Extracted records:
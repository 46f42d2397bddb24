ghost use Rattle.std.specs.Prelude.{◌≡◌, ◌++◌, None, IfOk, OnOk};
ghost use Rattle.cp_module.specs.Causes.{unless, cause_on, least};
ghost use Rattle.cp_link.specs.Modules.{said, one};
ghost use Rattle.cp_load.specs.Typing.{type_name, declared_names, is_name_in, is_again, again_in};

use cp_code::Names;
use cp_declaration::Declaration;
use cp_link::said;
use cp_module::{Cause, Why, soonest};
use cp_read::ReadClause;
use cp_term::Name;
use std::alloc::{AllocError, Global};

/// Adds the names of the regular types that clauses declare to those that are declared before, and tells what counts of those
/// that are declared again.
pub(crate) fn note_types(
    alloc: Global,
    names: &mut Names,
    clauses: &[ReadClause],
) -> Result<Option<Cause>, AllocError>
    ensures cause { IfOk result (λ cause. cause ≡ least (again_in names.old clauses.now)) }
    ensures names { OnOk result (names.new ≡ names.old ++ declared_names clauses.now) }
{
    let mut cause: Option<Cause> = None;
    for clause in clauses {
        let why = note_type(alloc, names, clause)?;
        cause = soonest(cause, Cause::on(clause.line, why));
    }
    Ok(cause)
}

fn note_type(
    alloc: Global,
    names: &mut Names,
    clause: &ReadClause,
) -> Result<Option<Why>, AllocError>
    ensures why { IfOk result (λ why. why ≡ unless (is_again names.old (said clause.now)) Why.NotRegular None) }
    ensures names { OnOk result (names.new ≡ names.old ++ one (type_name (said clause.now))) }
{
    match said(alloc, clause)? {
        Some(Declaration::RegType { name }) => {
            let why = refused_name(names, &name);
            names.push(name)?;
            Ok(why)
        }
        _ => Ok(None),
    }
}

/// What is refused where a type of this name is declared behind these.
fn refused_name(names: &Names, name: &Name) -> Option<Why>
    ensures { result ≡ unless (is_name_in names.now name.now) Why.NotRegular None }
{
    if is_name_in(names.as_slice(), name) {
        Some(Why::NotRegular)
    } else {
        None
    }
}

pub(crate) fn is_name_in(names: &[Name], name: &Name) -> bool
    ensures { result ≡ is_name_in names.now name.now }
{
    names.iter().any(|other| other.bytes() == name.bytes())
}

/// The names of the regular types that clauses declare.
pub(crate) fn declared_names(alloc: Global, clauses: &[ReadClause]) -> Result<Names, AllocError>
    ensures { IfOk result (λ names. names ≡ declared_names clauses.now) }
{
    let mut names = Names::new(alloc);
    let _again = note_types(alloc, &mut names, clauses)?;
    Ok(names)
}
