use cp_heap::Ref;

/// Where an evaluation stands.
#[derive(Debug, Clone, Copy, Drop)]
pub enum Now {
    /// Before the expression at this place.
    At(Ref),
    /// Behind an expression with this value.
    Behind(i64),
}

◆ What is being asked:
Across the data, find each line that has "specs" in it and copy that line.

◆ Exercise result:
ghost use Rattle.std.specs.Prelude.{◌≡◌, ◌++◌, None, IfOk, OnOk};
ghost use Rattle.cp_module.specs.Causes.{unless, cause_on, least};
ghost use Rattle.cp_link.specs.Modules.{said, one};
ghost use Rattle.cp_load.specs.Typing.{type_name, declared_names, is_name_in, is_again, again_in};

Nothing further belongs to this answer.